This report seeks to answer the following question:
Is there a relationship between the number of points a basketball player scores per game and the number of times per game that player turns the ball over? (In basketball, a turnover is a change of possession due to some kind of mistake, such as commiting an offensive foul or having the ball stolen.)
We will be using a data set called bball_data obtained from https://www.basketball-reference.com/. It contains per-game totals for the 245 NBA players from the 2022-23 season who played in the minimum number of games (58 out of 82) to be eligible for the scoring title. There are 29 variables for each player; the relevant ones in this report are PTS (the average number of points scored by the player per game), TOV (the average number of turnovers committed by the player per game), and MP (the average number of minutes played per game by the player). The full data set can be viewed below:
Throughout, we will need the functionality of the tidyverse package, mainly to create visualizations.
library(tidyverse)
The problem we are investigating deals with the relationship between a player’s scoring output and the frequency with which the player turns the ball over. It seems reasonable to suggest that the more points an NBA player scores, the better player he is. Also, the better player he is, the less often he turns the ball over. We might thus expect an inverse relationship between points per game and turnovers per game, meaning that as points per game increases, turnovers per game decreases. We can test this hypothesis with a scatter plot:
ggplot(data = bball_data) +
geom_point(mapping = aes(x = PTS, y = TOV)) +
labs(x = "points per game",
y = "turnovers per game",
title = "Turnovers vs. Points Scored",
caption = "data obtained from basketball-reference.com")
This scatter plot indicates that our conjecture is incorrect. It seems that the more points a player scores, the more times he turns the ball over. In fact, the player with the most turnovers averaged per game also averaged more than 25 points per game. Why might this be? One explanation might be that players who score a lot of points per game are the ones who usually play lot.

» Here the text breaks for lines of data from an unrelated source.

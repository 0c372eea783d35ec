use fill_base::Rect;
use fill_region::Region;
use std::alloc::{AllocError, Global};
use std::process::Abort;
use std::test::Fail;

/// Rectangles of a small board, which touch, overlap, hold one another and lie apart.
const RECTS: [[i64; 4]; 8] = [
    [0, 0, 4, 4],
    [2, 2, 6, 6],
    [4, 0, 6, 2],
    [1, 1, 2, 2],
    [0, 4, 4, 5],
    [6, 6, 7, 7],
    [0, 6, 1, 7],
    [3, 0, 4, 7],
];

fn rect(rt: &impl Abort, corners: [i64; 4]) -> Rect {
    let [x1, y1, x2, y2] = corners;
    match Rect::new(x1, y1, x2, y2) {
        Ok(rect) => rect,
        Err(error) => panic!(rt; "{error:?}"),
    }
}

/// The rectangles whose bit is set in `chosen`.
fn some_rects(rt: &impl Abort, alloc: Global, chosen: usize) -> Result<Vec<Rect>, AllocError> {
    let mut rects = Vec::new(alloc);
    for (i, corners) in RECTS.iter().enumerate() {
        if (chosen >> (i % 8)) & 1 == 1 {
            rects.push(rect(rt, *corners))?;
        }
    }
    Ok(rects)
}

fn some_holds(rects: &[Rect], x: i64, y: i64) -> bool {
    rects
        .iter()
        .any(|r| r.x1() <= x && x < r.x2() && r.y1() <= y && y < r.y2())
}

#[test]
fn every_operation_is_a_count_over_squares(rt: HostRuntime) -> Result<(), Fail> {
    let alloc = rt.alloc();
    for chosen in 0..64usize {
        let first = some_rects(&rt, alloc, chosen * 5 % 256)?;
        let second = some_rects(&rt, alloc, chosen * 37 % 256)?;
        let a = Region::from_rects(alloc, &first)?;
        let b = Region::from_rects(alloc, &second)?;
        let window = rect(&rt, [1, 1, 5, 6]);
        let union = a.union(alloc, &b)?;
        let minus = a.minus(alloc, &b)?;
        let meet = a.meet(alloc, &b)?;
        let clip = a.clip(alloc, &window)?;
        let with = a.with_rect(alloc, &window)?;
        let without = a.without_rect(alloc, &window)?;
        let pieces = a.pieces(alloc)?;
        let mut squares = 0u32;
        for j in 0..9u32 {
            for i in 0..9u32 {
                let (x, y) = (i64::from(i) - 1, i64::from(j) - 1);
                let in_a = some_holds(&first, x, y);
                let in_b = some_holds(&second, x, y);
                assert_eq!(rt; a.has(x, y), in_a);
                assert_eq!(rt; union.has(x, y), in_a || in_b);
                assert_eq!(rt; minus.has(x, y), in_a && !in_b);
                assert_eq!(rt; meet.has(x, y), in_a && in_b);
                let in_window = 1 <= x && x < 5 && 1 <= y && y < 6;
                assert_eq!(rt; clip.has(x, y), in_a && in_window);
                assert_eq!(rt; with.has(x, y), in_a || in_window);
                assert_eq!(rt; without.has(x, y), in_a && !in_window);
                let times = pieces
                    .iter()
                    .filter(|r| r.x1() <= x && x < r.x2() && r.y1() <= y && y < r.y2())
                    .count();
                assert_eq!(rt; times, usize::from(in_a));
                squares = squares.wrapping_add(u32::from(in_a));
            }
        }
        assert_eq!(rt; a.is_empty(), squares == 0);
    }
    Ok(())
}

/// Whether the region has the squares of the rectangles within the window, and no others.
fn is_part_within(part: &Region, rects: &[Rect], window: &Rect) -> bool {
    for y in -2..9i64 {
        for x in -2..9i64 {
            let across = window.x1() <= x && x < window.x2();
            let up = window.y1() <= y && y < window.y2();
            if part.has(x, y) != (some_holds(rects, x, y) && across && up) {
                return false;
            }
        }
    }
    true
}

#[test]
fn every_window_of_a_board_holds_its_squares(rt: HostRuntime) -> Result<(), Fail> {
    let alloc = rt.alloc();
    for chosen in [0, 35, 158, 211, 255usize] {
        let rects = some_rects(&rt, alloc, chosen)?;
        let whole = Region::from_rects(alloc, &rects)?;
        for low in 0..81i64 {
            for high in 0..81i64 {
                let (x1, y1) = (low % 9 - 1, low / 9 - 1);
                let (x2, y2) = (high % 9 - 1, high / 9 - 1);
                if x1 < x2 && y1 < y2 {
                    let window = rect(&rt, [x1, y1, x2, y2]);
                    let part = whole.clip(alloc, &window)?;
                    assert!(rt; is_part_within(&part, &rects, &window));
                }
            }
        }
    }
    Ok(())
}

#[test]
fn clipped_rows_that_become_equal_are_one_band(rt: HostRuntime) -> Result<(), Fail> {
    let alloc = rt.alloc();
    let rects = [
        rect(&rt, [0, 0, 4, 1]),
        rect(&rt, [0, 1, 3, 2]),
        rect(&rt, [5, 2, 6, 3]),
    ];
    let region = Region::from_rects(alloc, &rects)?;
    let part = region.clip(alloc, &rect(&rt, [1, -1, 3, 4]))?;
    let pieces = part.pieces(alloc)?;
    assert!(rt; pieces.as_slice() == &[rect(&rt, [1, 0, 3, 2])][..]);
    let gap = region.clip(alloc, &rect(&rt, [0, 2, 5, 3]))?;
    assert!(rt; gap.is_empty());
    Ok(())
}

#[test]
fn equal_sets_are_equal_values(rt: HostRuntime) -> Result<(), Fail> {
    let alloc = rt.alloc();
    let halves = [rect(&rt, [0, 0, 2, 1]), rect(&rt, [0, 1, 2, 2])];
    let whole = [rect(&rt, [0, 0, 2, 2])];
    let joined = Region::from_rects(alloc, &halves)?;
    let square = Region::from_rects(alloc, &whole)?;
    assert!(rt; joined == square);
    assert!(rt; Region::empty(alloc).is_empty());
    Ok(())
}

#[test]
fn overlapping_rectangles_in_pieces(rt: HostRuntime) -> Result<(), Fail> {
    let alloc = rt.alloc();
    let low = rect(&rt, [0, 0, 4, 4]);
    let high = rect(&rt, [2, 2, 6, 6]);
    let region = Region::from_rects(alloc, &[low, high])?;
    let pieces = region.pieces(alloc)?;
    let want = [
        rect(&rt, [0, 0, 4, 2]),
        rect(&rt, [0, 2, 6, 4]),
        rect(&rt, [2, 4, 6, 6]),
    ];
    assert!(rt; pieces.as_slice() == &want[..]);
    let corner = rect(&rt, [0, 0, 3, 3]);
    let clipped = region.clip(alloc, &corner)?;
    assert!(rt; clipped == Region::one(alloc, &corner)?);
    let second = Region::one(alloc, &high)?;
    assert!(rt; region.meet(alloc, &second)? == second);
    let rest = region.minus(alloc, &Region::one(alloc, &low)?)?;
    let mut area = 0i64;
    for piece in &rest.pieces(alloc)? {
        area = area.wrapping_add(piece.area());
    }
    assert_eq!(rt; area, 12);
    let copy = region.copy(alloc)?;
    assert!(rt; copy == region);
    assert!(rt; region.union(alloc, &Region::one(alloc, &low)?)? == region);
    Ok(())
}

/// 3,000 squares along a diagonal, each 1,000 wide: a pile, which is swept in halves. Each of its 3,999 lines has a row of its own.
#[test]
fn pile_along_a_diagonal(rt: HostRuntime) -> Result<(), Fail> {
    let alloc = rt.alloc();
    let mut rects = Vec::new(alloc);
    for k in 0..3000i64 {
        rects.push(rect(&rt, [k, k, k + 1000, k + 1000]))?;
    }
    let pile = Region::from_rects(alloc, &rects)?;
    let pieces = pile.pieces(alloc)?;
    assert_eq!(rt; pieces.len(), 3999);
    let mut area = 0i64;
    for piece in &pieces {
        area = area.wrapping_add(piece.area());
    }
    // The first square whole, and of each other the 1,999 squares that the one before it doesn't hold.
    assert_eq!(rt; area, 6_995_001);
    Ok(())
}

/// Asserts that these are the pieces of a region.
fn assert_pieces(
    rt: &impl Abort,
    alloc: Global,
    region: &Region,
    want: &[[i64; 4]],
) -> Result<(), AllocError> {
    let pieces = region.pieces(alloc)?;
    assert_eq!(rt; pieces.len(), want.len());
    for (piece, want) in pieces.iter().zip(want) {
        assert_eq!(rt; [piece.x1(), piece.y1(), piece.x2(), piece.y2()], *want);
    }
    Ok(())
}

#[test]
fn a_rectangle_is_added_and_taken_off(rt: HostRuntime) -> Result<(), Fail> {
    let alloc = rt.alloc();
    let square = Region::one(alloc, &rect(&rt, [0, 0, 4, 4]))?;
    let wider = square.with_rect(alloc, &rect(&rt, [2, 2, 6, 6]))?;
    assert_pieces(
        &rt,
        alloc,
        &wider,
        &[[0, 0, 4, 2], [0, 2, 6, 4], [2, 4, 6, 6]],
    )?;
    let inner = rect(&rt, [1, 1, 3, 3]);
    let ring = square.without_rect(alloc, &inner)?;
    assert_pieces(
        &rt,
        alloc,
        &ring,
        &[[0, 0, 4, 1], [0, 1, 1, 3], [3, 1, 4, 3], [0, 3, 4, 4]],
    )?;
    assert!(rt; ring.with_rect(alloc, &inner)? == square);
    Ok(())
}
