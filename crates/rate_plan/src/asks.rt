//! Transfers, and their asks.

ghost use Rattle.std.specs.Prelude.{◌≡◌, ◌≤◌, ◌<◌, IfOk, Some, count_by, length, map, slice_get};
ghost use Rattle.std.specs.List.{All};
ghost use Rattle.rate_plan.specs.Asked.{AreAsked, is_same_user, want_by};

use limit_tree::MAX_WANT;
use line_rates::{Ask, ShareBy, Way};
use std::alloc::{AllocError, Allocator};

/// A transfer of a user that wants all it can get, in a session of its own.
#[derive(Clone, Copy, Debug, PartialEq, Eq)]
pub struct Transfer {
    /// The number of the user.
    pub user: u32,
    /// The direction.
    pub way: Way,
}

fn is_same_user(one: Transfer, other: Transfer) -> bool
    ensures same { result ≡ is_same_user one other }
{
    one.way == other.way && one.user == other.user
}

// The number of transfers of a user in one way.
fn count_of(transfers: &[Transfer], transfer: Transfer) -> u64
    requires few { length transfers.now ≤ 256 }
    ensures count { result ≡ count_by (is_same_user transfer) transfers.now }
{
    let mut count = 0;
    for other in transfers {
        if is_same_user(transfer, *other) {
            count += 1;
        }
    }
    count
}

// The want of a transfer, of a line that is shared among these.
fn want_of(share_by: ShareBy, transfers: &[Transfer], transfer: Transfer) -> u64
    requires few { length transfers.now ≤ 256 }
    ensures want { result ≡ want_by share_by transfers.now transfer }
{
    match share_by {
        ShareBy::Sessions => MAX_WANT,
        ShareBy::Users => MAX_WANT / count_of(transfers, transfer).max(1),
    }
}

/// The asks of transfers, in their order. The place of each is its lane, and the number of its session.
pub(crate) fn asks_of<A: Allocator>(
    alloc: A,
    share_by: ShareBy,
    transfers: &[Transfer],
) -> Result<Vec<(u8, Ask), A>, AllocError>
    requires few { length transfers.now ≤ 256 }
    ensures asked { IfOk result (λ asks. AreAsked share_by transfers.now asks.items) }
{
    let mut asks = Vec::with_capacity(alloc, transfers.len())?;
    for place in 0..transfers.len() {
        let Transfer { user, way } = transfers[place];
        let ask = Ask {
            user,
            session: place as u32,
            way,
            want: want_of(share_by, transfers, transfers[place]),
        };
        asks.push((place as u8, ask))?;
    }
    Ok(asks)
}

fn ask_in(asks: &[(u8, Ask)], lane: u8) -> (u8, Ask)
    requires lane { lane < length asks.now }
    ensures ask { slice_get asks.now lane ≡ Some result }
{
    asks[lane as usize]
}

/// The asks of lanes, in the order of the lanes.
pub(crate) fn in_order<A: Allocator>(
    alloc: A,
    asks: &[(u8, Ask)],
    lanes: &[u8],
) -> Result<Vec<(u8, Ask), A>, AllocError>
    requires lanes { All (λ lane. lane < length asks.now) lanes.now }
    ensures order { IfOk result
        (λ order. map (λ lane. slice_get asks.now lane) lanes.now
        ≡ map (λ ask. Some ask) order.items) }
{
    let mut order = Vec::with_capacity(alloc, lanes.len())?;
    for lane in lanes {
        order.push(ask_in(asks, *lane))?;
    }
    Ok(order)
}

After all, the more time a player spends on the court during the game, the more opportunities he has to score. However, increased playing time also leads to more occasions for turning the ball over. We can test this hypothesis by color-coding the points in the above scatter plot according to the average number of minutes played per game by each player.

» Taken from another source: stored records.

//! The reasons for which transfers are not planned.

use line_rates::{LimitsFault, Name, PlanFault};
use std::alloc::AllocError;
use thiserror::Error;

/// The reason for which transfers are not planned.
#[derive(Clone, Copy, Debug, PartialEq, Eq, Error)]
pub enum Unplanned {
    /// There are more transfers than sessions at once.
    #[error("more transfers than sessions at once")]
    TooManySessions,
    /// There are more transfers than lanes.
    #[error("more transfers than lanes")]
    TooManyTransfers,
    /// The guarantees of the sessions are not admitted: the place of the first transfer whose session is refused, and
    /// a name whose rate they exceed.
    #[error("the guarantees of the sessions are not admitted")]
    NotGuaranteed(usize, Option<Name>),
    /// More than 25 transfers by a rate above `MAX_PLANNED`.
    #[error("too many transfers at this rate")]
    RateTooLarge,
    /// The rates are refused: a user is in a group that has no row.
    #[error("{0}")]
    Rates(LimitsFault),
    /// The tree is refused.
    #[error("{0}")]
    Tree(PlanFault),
    /// Memory ran out.
    #[error("out of memory")]
    Memory,
}

impl From<AllocError> for Unplanned {
    ghost use Rattle.std.specs.Prelude.{◌≡◌};
    ghost use Rattle.rate_plan.specs.declared.fault.Unplanned.TheVariants.{Memory};

    ghost from_gives = { λ e fault. fault ≡ Memory };

    fn from(_error: AllocError) -> Unplanned {
        Unplanned::Memory
    }
}
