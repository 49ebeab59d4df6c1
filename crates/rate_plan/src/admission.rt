//! Admission of the sessions of transfers.

ghost use Rattle.std.specs.Prelude.{◌≡◌, ◌≤◌, IfErr, IfSome, IsTrue, MatchOption, OnOk, length, map, true};
ghost use Rattle.std.specs.FinMap as finite;
ghost use Rattle.line_rates.specs.Rates.{floor_rate};
ghost use Rattle.line_rates.specs.TickTree.{ask_in};
ghost use Rattle.line_rates.specs.declared.rate.TheConstants.{MAX_RATE};
ghost use Rattle.rate_plan.specs.Asked.{AreAsked};
ghost use Rattle.rate_plan.specs.Refused.{IsAdmissionFault};
ghost use Rattle.rate_plan.specs.Admission.{AreAdmitted, IsExceeded, IsFirstRefused, are_admitted, guaranteed, guaranteed_one, guaranteed_to};

use crate::asks::Transfer;
use crate::fault::Unplanned;
use line_rates::{Ask, Limits, Name, Way};
use rate_floors::Floors;
use round_tally::bears;
use std::alloc::Allocator;

/// The guarantee of each session of a user, in octets per second; 0 for none.
fn floor_rate<L: Allocator>(limits: &Limits<L>, user: u32, way: Way) -> u64
    ensures floor { result ≡ floor_rate (finite.get limits.now.users user) way }
    ensures most { result ≤ MAX_RATE }
{
    match limits.user_row(user) {
        None => 0,
        Some(row) => match way {
            Way::Down => row.session_down_floor,
            Way::Up => row.session_up_floor,
        },
    }
}

fn guaranteed_one<L: Allocator>(limits: &Limits<L>, name: Name, way: Way, ask: Ask) -> u64
    ensures guaranteed { result ≡ guaranteed_one limits.now name way ask }
    ensures most { result ≤ MAX_RATE }
{
    if bears(limits, name, Ask { way, ..ask }) {
        floor_rate(limits, ask.user, way)
    } else {
        0
    }
}

fn guaranteed_to<L: Allocator>(limits: &Limits<L>, name: Name, ask: Ask) -> u64
    ensures guaranteed { result ≡ guaranteed_to limits.now name ask }
    ensures most { result ≤ 2199023255552 }
{
    guaranteed_one(limits, name, Way::Down, ask) + guaranteed_one(limits, name, Way::Up, ask)
}

fn guaranteed<L: Allocator>(limits: &Limits<L>, name: Name, asks: &[(u8, Ask)]) -> u64
    requires few { length asks.now ≤ 256 }
    ensures guaranteed { result ≡ guaranteed limits.now name (map ask_in asks.now) }
{
    let mut sum = 0;
    for place in 0..asks.len() {
        sum += guaranteed_to(limits, name, asks[place].1);
    }
    sum
}

fn is_exceeded<L: Allocator>(limits: &Limits<L>, name: Name, asks: &[(u8, Ask)]) -> bool
    requires few { length asks.now ≤ 256 }
    ensures exceeded { IsTrue result → IsExceeded limits.now (map ask_in asks.now) name }
{
    let rate = limits.rate(name);
    rate != 0 && guaranteed(limits, name, asks) > rate
}

// The first of a user's names one way whose rate is exceeded.
fn exceeded_one<L: Allocator>(
    limits: &Limits<L>,
    ask: Ask,
    way: Way,
    asks: &[(u8, Ask)],
) -> Option<Name>
    requires few { length asks.now ≤ 256 }
    ensures exceeded { IfSome result (IsExceeded limits.now (map ask_in asks.now)) }
{
    let (user, session) = (ask.user, ask.session);
    if is_exceeded(limits, Name::Session(way, user, session), asks) {
        return Some(Name::Session(way, user, session));
    }
    if is_exceeded(limits, Name::User(way, user), asks) {
        return Some(Name::User(way, user));
    }
    if let Some(group) = limits.group_of(user) {
        if is_exceeded(limits, Name::Group(way, group), asks) {
            return Some(Name::Group(way, group));
        }
    }
    if is_exceeded(limits, Name::Direction(way), asks) {
        return Some(Name::Direction(way));
    }
    None
}

// A name whose rate is exceeded by the guarantees of asks, of which `ask` is the last.
fn exceeded<L: Allocator>(limits: &Limits<L>, ask: Ask, asks: &[(u8, Ask)]) -> Option<Name>
    requires few { length asks.now ≤ 256 }
    ensures exceeded { IfSome result (IsExceeded limits.now (map ask_in asks.now)) }
{
    match exceeded_one(limits, ask, Way::Down, asks) {
        Some(name) => Some(name),
        None => match exceeded_one(limits, ask, Way::Up, asks) {
            Some(name) => Some(name),
            None => {
                if is_exceeded(limits, Name::Server, asks) {
                    Some(Name::Server)
                } else {
                    None
                }
            }
        },
    }
}

/// The place of the first transfer whose session is not admitted after those before it.
fn refused_at<A: Allocator>(floors: &mut Floors<A>, transfers: &[Transfer]) -> Option<usize>
    ensures admitted { MatchOption result (are_admitted floors.old transfers.now ≡ true)
        (IsFirstRefused floors.old transfers.now) }
{
    for place in 0..transfers.len() {
        if !floors.admit(transfers[place].user) {
            return Some(place);
        }
    }
    None
}

/// Admits the session of each transfer, in their order.
///
/// `NotGuaranteed`: the place of the first whose guarantees do not fit with those before it.
pub(crate) fn admit_all<L: Allocator, A: Allocator + Clone>(
    alloc: A,
    limits: &Limits<L>,
    transfers: &[Transfer],
    asks: &[(u8, Ask)],
) -> Result<(), Unplanned>
    requires few { length asks.now ≤ 256 }
    requires asked { AreAsked limits.now.share_by transfers.now asks.now }
    ensures admitted { OnOk result (AreAdmitted limits.now transfers.now) }
    ensures refused { IfErr result (IsAdmissionFault limits.now transfers.now) }
{
    let mut floors = Floors::of(alloc, limits)?;
    match refused_at(&mut floors, transfers) {
        Some(place) => {
            let name = exceeded(limits, asks[place].1, &asks[..place + 1]);
            Err(Unplanned::NotGuaranteed(place, name))
        }
        None => Ok(()),
    }
}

ggplot(data = bball_data) +
geom_point(mapping = aes(x = PTS, y = TOV, color = MP)) +
labs(x = "points per game",
y = "turnovers per game",
color = "minutes played per game",
title = "Turnovers vs. Points Scored",
caption = "data obtained from basketball-reference.com")

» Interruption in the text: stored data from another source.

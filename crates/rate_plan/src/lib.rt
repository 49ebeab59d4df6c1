//! Plans: the shares of a second of transfers that want all they can get, and the limit that holds each back.
//!
//! `plan_of` makes the tree of a second by the rates of a line (`tens`: that of a tick by ten times the rates), after the
//! sessions were admitted one after the other (`admission`), shares it, and finds the name of each transfer's
//! bottleneck (`shares`).
//!
//! ```text
//! let alloc = rt.alloc();
//! let limits = Limits::of(0, 1_001, 0, Vec::new(alloc), Vec::new(alloc))?;
//! let (user, way) = (0, Way::Down);
//! let shares = plan_of(alloc, &limits, 64, 16, &[Transfer { user, way }; 2])?; // two downloads
//! assert!(rt; shares[0].grant == 501 && shares[1].grant == 500);
//! assert!(rt; shares[1].held == Some(Name::Direction(way)));
//! ```
#![tactic(auto)]

mod admission;
mod asks;
mod fault;
mod plan;
mod shares;
mod small;
mod tens;

pub use asks::Transfer;
pub use fault::Unplanned;
pub use plan::{MAX_EXACT, plan_of};
pub use shares::TransferShare;
pub use tens::MAX_PLANNED;
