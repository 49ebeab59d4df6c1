//! The largest rates of a plan.

ghost use Rattle.std.specs.Prelude.{◌≡◌, ◌≤◌, IsTrue, Some, false, ℕ};
ghost use Rattle.std.specs.List.{All};
ghost use Rattle.line_rates.specs.Rates.{group_of, rate_of};
ghost use Rattle.line_rates.specs.TickTree.{ask_in};
ghost use Rattle.rate_plan.specs.declared.tens.TheConstants.{MAX_PLANNED};
ghost use Rattle.rate_plan.specs.Refused.{AreSmallFor, HasLarge};

use crate::tens::MAX_PLANNED;
use line_rates::{Ask, Limits, Name};
use std::alloc::Allocator;

fn is_large<L: Allocator>(limits: &Limits<L>, name: Name) -> bool
    ensures large { IsTrue result → HasLarge limits.now }
    ensures small { result ≡ false → rate_of limits.now name ≤ MAX_PLANNED }
{
    limits.rate(name) > MAX_PLANNED
}

fn is_group_large<L: Allocator>(limits: &Limits<L>, ask: Ask) -> bool
    ensures large { IsTrue result → HasLarge limits.now }
    ensures small { result ≡ false
        → (group : ℕ) → group_of limits.now ask.user ≡ Some group
        → rate_of limits.now (Name.Group ask.way group) ≤ MAX_PLANNED }
{
    match limits.group_of(ask.user) {
        Some(group) => is_large(limits, Name::Group(ask.way, group)),
        None => false,
    }
}

// Returns whether a rate of the names of an ask is above `MAX_PLANNED`.
fn is_large_for<L: Allocator>(limits: &Limits<L>, ask: Ask) -> bool
    ensures large { IsTrue result → HasLarge limits.now }
    ensures small { result ≡ false → AreSmallFor limits.now ask }
{
    is_large(limits, Name::Server)
        || is_large(limits, Name::Direction(ask.way))
        || is_group_large(limits, ask)
        || is_large(limits, Name::User(ask.way, ask.user))
        || is_large(limits, Name::Session(ask.way, ask.user, ask.session))
}

/// Returns whether a rate of the names of some ask is above `MAX_PLANNED`.
pub(crate) fn has_large<L: Allocator>(limits: &Limits<L>, asks: &[(u8, Ask)]) -> bool
    ensures large { IsTrue result → HasLarge limits.now }
    ensures small { result ≡ false → All (λ x. AreSmallFor limits.now (ask_in x)) asks.now }
{
    for place in 0..asks.len() {
        if is_large_for(limits, asks[place].1) {
            return true;
        }
    }
    false
}
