//! Ten times the rates of a line: a tick of a tenth of a second allows by them what a second allows by the rates.

ghost use Rattle.std.specs.Prelude.{◌≡◌, ◌≤◌, IfErr, IfOk, map};
ghost use Rattle.line_rates.specs.declared.rate.TheConstants.{MAX_RATE};
ghost use Rattle.rate_plan.specs.Refused.{IsTreeFault};
ghost use Rattle.rate_plan.specs.Tens.{AreTens, ten_floor, ten_group, ten_rate, ten_user};

use crate::fault::Unplanned;
use line_rates::{GroupRate, Limits, Name, UserRate, Way};
use std::alloc::{AllocError, Allocator};

/// The largest rate that limits a plan, in octets per second. 25 transfers that want `MAX_WANT` each cannot use it up.
pub const MAX_PLANNED: u64 = 109_951_162_777;

fn ten_rate(rate: u64) -> u64
    ensures ten { result ≡ ten_rate rate }
    ensures most { result ≤ MAX_RATE }
{
    if rate > MAX_PLANNED { 0 } else { 10 * rate }
}

fn ten_floor(floor: u64) -> u64
    ensures ten { result ≡ ten_floor floor }
    ensures most { result ≤ MAX_RATE }
{
    10 * floor.min(MAX_PLANNED)
}

fn ten_group(row: GroupRate) -> GroupRate
    ensures ten { result ≡ ten_group row }
{
    GroupRate {
        group: row.group,
        down: ten_rate(row.down),
        up: ten_rate(row.up),
    }
}

fn ten_user(row: UserRate) -> UserRate
    ensures ten { result ≡ ten_user row }
{
    UserRate {
        user: row.user,
        group: row.group,
        down: ten_rate(row.down),
        up: ten_rate(row.up),
        session_down: ten_rate(row.session_down),
        session_up: ten_rate(row.session_up),
        session_down_floor: ten_floor(row.session_down_floor),
        session_up_floor: ten_floor(row.session_up_floor),
    }
}

fn ten_groups<A: Allocator>(alloc: A, rows: &[GroupRate]) -> Result<Vec<GroupRate, A>, AllocError>
    ensures tens { IfOk result (λ tens. tens.items ≡ map ten_group rows.now) }
{
    let mut tens = Vec::with_capacity(alloc, rows.len())?;
    for row in rows {
        tens.push(ten_group(*row))?;
    }
    Ok(tens)
}

fn ten_users<A: Allocator>(alloc: A, rows: &[UserRate]) -> Result<Vec<UserRate, A>, AllocError>
    ensures tens { IfOk result (λ tens. tens.items ≡ map ten_user rows.now) }
{
    let mut tens = Vec::with_capacity(alloc, rows.len())?;
    for row in rows {
        tens.push(ten_user(*row))?;
    }
    Ok(tens)
}

/// The limits of ten times the rates and guarantees, of a line that is shared among the same. A rate above
/// `MAX_PLANNED` becomes none, a guarantee above it becomes that of `MAX_PLANNED`.
pub(crate) fn tenfold<L: Allocator, A: Allocator + Clone>(
    alloc: A,
    limits: &Limits<L>,
) -> Result<Limits<A>, Unplanned>
    ensures tens { IfOk result (AreTens limits.now) }
    ensures fault { IfErr result IsTreeFault }
{
    let groups = ten_groups(alloc.clone()?, limits.groups())?;
    let users = ten_users(alloc, limits.users())?;
    let server = ten_rate(limits.rate(Name::Server));
    let down = ten_rate(limits.rate(Name::Direction(Way::Down)));
    let up = ten_rate(limits.rate(Name::Direction(Way::Up)));
    match Limits::of(server, down, up, groups, users) {
        Ok(tens) => Ok(tens.shared_by(limits.share_by())),
        Err(fault) => Err(Unplanned::Rates(fault)),
    }
}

This time, our hunch is confirmed. Moving from left to right in the scatter plot, we see the points transitioning from dark to light, and according to the legend, this means the number of minutes played per game is increasing.
In summary, we can conclude that a player’s points per game and turnovers per game are directly related to each other, meaning that as one increases, so does the other. However, our data provides a reason for this. Points per game and turnovers per game are both explained by a third variable: minutes played per game. When taking minutes played into account, we see exactly why it is the case that prolific scorers often commit a lot of turnovers.